## [Saved data entries]
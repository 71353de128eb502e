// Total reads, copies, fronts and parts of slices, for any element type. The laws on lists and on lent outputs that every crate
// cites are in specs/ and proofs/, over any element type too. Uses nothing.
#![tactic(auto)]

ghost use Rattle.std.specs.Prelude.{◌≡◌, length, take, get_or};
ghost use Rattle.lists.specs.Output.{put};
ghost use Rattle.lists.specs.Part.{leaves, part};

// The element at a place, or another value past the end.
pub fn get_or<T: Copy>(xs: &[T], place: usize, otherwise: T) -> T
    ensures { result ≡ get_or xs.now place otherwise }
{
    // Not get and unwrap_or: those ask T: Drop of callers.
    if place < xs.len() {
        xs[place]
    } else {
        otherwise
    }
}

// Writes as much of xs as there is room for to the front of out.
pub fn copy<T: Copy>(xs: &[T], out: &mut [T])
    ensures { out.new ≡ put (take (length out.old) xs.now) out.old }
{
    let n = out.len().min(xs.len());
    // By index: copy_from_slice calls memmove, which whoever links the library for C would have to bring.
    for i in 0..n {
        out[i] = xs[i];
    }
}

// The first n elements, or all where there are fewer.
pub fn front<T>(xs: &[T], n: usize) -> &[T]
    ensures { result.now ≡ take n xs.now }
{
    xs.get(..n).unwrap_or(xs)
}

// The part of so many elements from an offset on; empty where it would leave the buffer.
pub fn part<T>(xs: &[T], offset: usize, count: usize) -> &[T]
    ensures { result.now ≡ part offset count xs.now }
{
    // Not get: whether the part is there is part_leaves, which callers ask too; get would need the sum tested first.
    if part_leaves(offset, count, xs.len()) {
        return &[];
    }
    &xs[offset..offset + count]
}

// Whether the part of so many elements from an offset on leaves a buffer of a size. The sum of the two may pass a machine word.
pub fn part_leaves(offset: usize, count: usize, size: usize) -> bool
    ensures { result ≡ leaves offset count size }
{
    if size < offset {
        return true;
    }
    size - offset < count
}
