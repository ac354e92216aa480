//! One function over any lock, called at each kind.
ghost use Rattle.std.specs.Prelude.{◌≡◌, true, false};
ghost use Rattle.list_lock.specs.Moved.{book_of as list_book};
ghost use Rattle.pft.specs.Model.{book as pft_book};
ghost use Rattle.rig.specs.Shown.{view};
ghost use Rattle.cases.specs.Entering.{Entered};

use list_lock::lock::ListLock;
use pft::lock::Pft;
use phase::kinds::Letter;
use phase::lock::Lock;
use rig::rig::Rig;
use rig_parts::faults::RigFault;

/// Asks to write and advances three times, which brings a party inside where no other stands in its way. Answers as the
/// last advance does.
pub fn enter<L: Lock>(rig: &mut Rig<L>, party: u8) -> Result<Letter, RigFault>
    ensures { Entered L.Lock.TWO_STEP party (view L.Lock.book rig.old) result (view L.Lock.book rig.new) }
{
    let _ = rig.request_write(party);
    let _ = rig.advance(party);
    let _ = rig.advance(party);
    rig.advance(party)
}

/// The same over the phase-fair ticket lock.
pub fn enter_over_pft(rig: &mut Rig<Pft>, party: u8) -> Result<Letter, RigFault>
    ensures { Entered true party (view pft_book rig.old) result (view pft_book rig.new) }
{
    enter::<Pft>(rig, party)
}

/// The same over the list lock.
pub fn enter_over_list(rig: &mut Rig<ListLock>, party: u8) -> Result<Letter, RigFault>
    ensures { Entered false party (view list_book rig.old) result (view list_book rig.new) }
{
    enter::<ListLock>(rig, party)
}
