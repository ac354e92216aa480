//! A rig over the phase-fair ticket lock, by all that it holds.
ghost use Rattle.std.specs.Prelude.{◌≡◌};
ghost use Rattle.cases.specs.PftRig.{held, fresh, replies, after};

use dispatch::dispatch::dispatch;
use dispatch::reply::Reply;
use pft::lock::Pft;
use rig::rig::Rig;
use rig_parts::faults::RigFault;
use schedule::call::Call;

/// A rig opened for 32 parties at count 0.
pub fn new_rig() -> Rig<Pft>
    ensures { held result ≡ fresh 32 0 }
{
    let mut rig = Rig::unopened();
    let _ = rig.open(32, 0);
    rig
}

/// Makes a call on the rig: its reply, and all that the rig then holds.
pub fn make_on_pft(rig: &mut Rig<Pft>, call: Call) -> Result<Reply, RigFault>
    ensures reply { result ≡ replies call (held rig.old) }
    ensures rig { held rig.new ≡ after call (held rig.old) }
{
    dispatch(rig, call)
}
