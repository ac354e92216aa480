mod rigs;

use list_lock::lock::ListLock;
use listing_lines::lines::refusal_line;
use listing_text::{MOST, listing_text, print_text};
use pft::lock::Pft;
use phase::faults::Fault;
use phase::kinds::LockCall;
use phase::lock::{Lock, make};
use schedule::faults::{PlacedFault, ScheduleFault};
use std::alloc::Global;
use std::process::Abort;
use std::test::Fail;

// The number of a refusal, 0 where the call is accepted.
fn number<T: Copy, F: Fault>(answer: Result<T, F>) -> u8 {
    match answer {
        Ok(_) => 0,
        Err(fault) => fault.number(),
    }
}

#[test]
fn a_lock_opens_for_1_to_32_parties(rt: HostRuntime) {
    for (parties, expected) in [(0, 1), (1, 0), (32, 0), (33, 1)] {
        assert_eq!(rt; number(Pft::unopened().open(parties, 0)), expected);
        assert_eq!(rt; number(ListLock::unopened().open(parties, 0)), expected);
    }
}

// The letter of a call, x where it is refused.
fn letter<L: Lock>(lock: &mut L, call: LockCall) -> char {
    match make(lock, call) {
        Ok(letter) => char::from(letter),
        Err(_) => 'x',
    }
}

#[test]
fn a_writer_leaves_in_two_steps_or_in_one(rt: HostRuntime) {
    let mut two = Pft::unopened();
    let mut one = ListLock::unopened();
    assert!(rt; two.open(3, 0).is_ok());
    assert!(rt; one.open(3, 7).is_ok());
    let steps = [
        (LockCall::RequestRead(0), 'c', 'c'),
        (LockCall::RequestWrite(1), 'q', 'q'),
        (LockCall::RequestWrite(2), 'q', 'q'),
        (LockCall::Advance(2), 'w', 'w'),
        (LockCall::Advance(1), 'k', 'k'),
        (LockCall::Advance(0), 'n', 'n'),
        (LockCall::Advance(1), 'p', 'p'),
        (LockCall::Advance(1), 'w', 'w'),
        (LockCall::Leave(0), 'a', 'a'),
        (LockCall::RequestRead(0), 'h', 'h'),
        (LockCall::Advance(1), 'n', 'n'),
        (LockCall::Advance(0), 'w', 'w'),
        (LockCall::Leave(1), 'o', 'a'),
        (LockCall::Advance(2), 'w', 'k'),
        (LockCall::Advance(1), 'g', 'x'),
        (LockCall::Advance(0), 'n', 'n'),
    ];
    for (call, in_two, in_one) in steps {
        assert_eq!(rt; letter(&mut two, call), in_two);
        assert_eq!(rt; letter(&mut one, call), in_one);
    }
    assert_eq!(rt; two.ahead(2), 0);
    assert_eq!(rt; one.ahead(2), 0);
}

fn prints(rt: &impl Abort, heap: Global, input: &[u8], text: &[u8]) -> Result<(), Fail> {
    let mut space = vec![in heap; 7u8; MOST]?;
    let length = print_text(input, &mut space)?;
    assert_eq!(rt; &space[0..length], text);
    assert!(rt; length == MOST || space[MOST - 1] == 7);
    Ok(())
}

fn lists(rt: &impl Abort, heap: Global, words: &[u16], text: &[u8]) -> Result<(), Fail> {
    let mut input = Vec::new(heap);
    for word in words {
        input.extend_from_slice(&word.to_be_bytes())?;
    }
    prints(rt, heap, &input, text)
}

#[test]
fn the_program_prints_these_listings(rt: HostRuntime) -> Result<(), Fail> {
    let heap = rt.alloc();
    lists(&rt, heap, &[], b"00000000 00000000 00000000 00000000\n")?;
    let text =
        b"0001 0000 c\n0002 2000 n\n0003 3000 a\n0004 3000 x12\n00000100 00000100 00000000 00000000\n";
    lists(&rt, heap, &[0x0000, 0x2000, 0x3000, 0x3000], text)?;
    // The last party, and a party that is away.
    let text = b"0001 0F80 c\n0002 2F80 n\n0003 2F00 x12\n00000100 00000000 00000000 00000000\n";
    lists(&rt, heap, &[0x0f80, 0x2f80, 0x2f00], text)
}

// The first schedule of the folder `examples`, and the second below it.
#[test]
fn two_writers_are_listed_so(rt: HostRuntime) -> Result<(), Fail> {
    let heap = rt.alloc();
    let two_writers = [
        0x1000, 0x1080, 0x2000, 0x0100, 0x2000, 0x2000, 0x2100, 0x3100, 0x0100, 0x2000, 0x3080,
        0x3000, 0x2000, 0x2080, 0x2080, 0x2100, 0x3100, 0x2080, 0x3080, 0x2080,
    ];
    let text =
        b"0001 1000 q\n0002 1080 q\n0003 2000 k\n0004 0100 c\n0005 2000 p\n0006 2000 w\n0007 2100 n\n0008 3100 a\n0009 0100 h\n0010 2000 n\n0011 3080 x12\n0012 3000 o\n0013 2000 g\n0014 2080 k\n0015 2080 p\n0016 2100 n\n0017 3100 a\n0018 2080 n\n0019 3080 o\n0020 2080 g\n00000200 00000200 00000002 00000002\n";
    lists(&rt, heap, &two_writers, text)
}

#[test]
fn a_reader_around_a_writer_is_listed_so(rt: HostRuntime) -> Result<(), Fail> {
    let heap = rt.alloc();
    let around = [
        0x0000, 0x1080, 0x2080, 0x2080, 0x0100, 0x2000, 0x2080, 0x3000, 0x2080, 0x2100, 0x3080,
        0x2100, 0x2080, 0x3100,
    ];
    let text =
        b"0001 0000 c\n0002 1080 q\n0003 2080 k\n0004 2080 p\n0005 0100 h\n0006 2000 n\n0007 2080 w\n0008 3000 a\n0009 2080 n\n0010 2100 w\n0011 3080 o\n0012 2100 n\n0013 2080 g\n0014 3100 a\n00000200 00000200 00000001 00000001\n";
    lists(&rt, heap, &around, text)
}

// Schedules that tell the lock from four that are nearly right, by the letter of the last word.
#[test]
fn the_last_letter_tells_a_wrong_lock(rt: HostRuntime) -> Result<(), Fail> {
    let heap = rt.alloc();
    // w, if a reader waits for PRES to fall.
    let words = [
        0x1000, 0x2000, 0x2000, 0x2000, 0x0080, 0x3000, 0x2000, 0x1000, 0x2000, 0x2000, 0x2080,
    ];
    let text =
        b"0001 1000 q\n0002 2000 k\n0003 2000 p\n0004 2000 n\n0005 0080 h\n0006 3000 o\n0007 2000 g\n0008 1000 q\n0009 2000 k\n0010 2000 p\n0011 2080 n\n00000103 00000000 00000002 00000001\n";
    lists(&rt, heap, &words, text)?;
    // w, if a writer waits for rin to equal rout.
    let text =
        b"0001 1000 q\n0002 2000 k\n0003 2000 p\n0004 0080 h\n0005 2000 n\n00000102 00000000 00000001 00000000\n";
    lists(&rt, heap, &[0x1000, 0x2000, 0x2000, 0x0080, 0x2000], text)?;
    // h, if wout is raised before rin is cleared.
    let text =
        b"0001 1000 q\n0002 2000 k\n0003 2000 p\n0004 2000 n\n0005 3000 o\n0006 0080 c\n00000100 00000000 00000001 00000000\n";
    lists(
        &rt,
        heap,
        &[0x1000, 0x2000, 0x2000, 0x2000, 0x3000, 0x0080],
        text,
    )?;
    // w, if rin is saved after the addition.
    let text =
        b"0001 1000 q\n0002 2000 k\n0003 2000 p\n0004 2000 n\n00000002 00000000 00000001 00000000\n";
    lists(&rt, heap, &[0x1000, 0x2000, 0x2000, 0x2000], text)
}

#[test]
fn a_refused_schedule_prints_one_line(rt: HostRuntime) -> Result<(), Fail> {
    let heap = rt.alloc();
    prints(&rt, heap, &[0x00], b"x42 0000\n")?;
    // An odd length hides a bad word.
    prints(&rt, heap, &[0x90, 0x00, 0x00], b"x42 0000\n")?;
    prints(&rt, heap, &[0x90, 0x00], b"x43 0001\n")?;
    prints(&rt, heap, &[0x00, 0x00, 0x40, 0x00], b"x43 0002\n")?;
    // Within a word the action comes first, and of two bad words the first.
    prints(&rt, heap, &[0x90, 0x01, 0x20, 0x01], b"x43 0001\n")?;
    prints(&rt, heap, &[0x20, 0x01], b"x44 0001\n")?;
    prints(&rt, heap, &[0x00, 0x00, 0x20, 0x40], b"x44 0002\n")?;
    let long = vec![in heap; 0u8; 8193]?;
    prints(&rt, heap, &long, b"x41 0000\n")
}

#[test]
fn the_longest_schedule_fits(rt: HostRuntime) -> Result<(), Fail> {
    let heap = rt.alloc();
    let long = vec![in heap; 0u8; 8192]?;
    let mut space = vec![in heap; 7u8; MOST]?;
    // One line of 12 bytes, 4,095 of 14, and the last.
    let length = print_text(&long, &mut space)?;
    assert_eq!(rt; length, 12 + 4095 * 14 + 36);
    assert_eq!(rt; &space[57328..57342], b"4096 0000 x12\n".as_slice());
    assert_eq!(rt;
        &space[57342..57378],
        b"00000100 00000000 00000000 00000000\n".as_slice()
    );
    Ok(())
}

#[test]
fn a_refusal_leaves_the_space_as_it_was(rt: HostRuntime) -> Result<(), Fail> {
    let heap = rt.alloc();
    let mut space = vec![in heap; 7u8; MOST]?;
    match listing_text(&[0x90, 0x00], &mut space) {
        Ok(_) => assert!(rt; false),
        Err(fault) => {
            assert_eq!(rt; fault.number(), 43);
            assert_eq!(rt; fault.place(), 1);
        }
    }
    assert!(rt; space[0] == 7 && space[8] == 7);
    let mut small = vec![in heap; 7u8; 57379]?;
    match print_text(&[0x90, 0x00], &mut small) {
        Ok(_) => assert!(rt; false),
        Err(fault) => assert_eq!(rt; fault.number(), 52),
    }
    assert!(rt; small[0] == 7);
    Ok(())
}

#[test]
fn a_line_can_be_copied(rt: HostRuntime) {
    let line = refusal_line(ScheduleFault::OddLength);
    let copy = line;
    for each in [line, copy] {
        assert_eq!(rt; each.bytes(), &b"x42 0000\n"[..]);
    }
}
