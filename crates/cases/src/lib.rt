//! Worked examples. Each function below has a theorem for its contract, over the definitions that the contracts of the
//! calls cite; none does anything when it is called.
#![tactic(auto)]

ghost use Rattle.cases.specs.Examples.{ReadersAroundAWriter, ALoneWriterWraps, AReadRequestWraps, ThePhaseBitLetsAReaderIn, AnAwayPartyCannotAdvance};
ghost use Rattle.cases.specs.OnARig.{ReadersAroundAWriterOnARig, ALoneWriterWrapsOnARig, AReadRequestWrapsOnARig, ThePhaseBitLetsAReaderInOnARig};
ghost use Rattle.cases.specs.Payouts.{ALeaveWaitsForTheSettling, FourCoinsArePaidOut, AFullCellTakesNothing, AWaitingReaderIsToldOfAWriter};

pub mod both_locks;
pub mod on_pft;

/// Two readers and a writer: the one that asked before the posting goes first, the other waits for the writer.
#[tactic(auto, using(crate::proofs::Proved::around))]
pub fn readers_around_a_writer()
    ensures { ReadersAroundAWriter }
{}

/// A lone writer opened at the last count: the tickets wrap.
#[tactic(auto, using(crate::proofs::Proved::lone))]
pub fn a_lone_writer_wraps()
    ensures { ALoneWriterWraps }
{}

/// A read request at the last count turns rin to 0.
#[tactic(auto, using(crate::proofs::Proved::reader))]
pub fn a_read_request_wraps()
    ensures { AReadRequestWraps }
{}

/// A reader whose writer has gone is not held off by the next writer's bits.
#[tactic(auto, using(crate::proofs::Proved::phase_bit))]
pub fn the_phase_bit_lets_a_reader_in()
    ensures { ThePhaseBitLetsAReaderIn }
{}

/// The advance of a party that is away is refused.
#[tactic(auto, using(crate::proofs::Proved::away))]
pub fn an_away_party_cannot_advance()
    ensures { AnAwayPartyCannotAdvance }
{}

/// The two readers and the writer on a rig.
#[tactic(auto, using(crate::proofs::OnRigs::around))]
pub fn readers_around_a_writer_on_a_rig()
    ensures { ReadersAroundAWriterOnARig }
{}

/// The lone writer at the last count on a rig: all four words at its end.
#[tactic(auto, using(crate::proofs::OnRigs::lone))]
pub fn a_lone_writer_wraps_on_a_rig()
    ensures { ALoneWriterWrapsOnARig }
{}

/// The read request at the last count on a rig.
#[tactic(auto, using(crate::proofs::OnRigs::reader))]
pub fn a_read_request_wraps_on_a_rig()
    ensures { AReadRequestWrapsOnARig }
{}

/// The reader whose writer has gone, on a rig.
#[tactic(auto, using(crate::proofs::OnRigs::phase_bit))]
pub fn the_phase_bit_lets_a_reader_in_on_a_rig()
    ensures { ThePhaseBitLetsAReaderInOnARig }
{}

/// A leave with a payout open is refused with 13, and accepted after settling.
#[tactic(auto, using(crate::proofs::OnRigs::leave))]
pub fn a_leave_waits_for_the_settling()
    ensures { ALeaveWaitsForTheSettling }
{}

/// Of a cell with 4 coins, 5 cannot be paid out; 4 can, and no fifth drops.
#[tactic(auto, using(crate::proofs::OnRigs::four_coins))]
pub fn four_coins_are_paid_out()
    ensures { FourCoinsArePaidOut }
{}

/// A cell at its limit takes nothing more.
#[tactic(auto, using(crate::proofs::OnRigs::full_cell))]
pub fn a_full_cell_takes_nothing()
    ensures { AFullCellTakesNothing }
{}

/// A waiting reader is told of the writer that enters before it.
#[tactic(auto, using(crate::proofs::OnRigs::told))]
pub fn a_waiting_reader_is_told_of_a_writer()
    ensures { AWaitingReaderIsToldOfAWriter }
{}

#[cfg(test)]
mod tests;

## [Problem description]
Work out how many lines above contain the word "ScheduleFault". Give only the number.

## [Response area]
2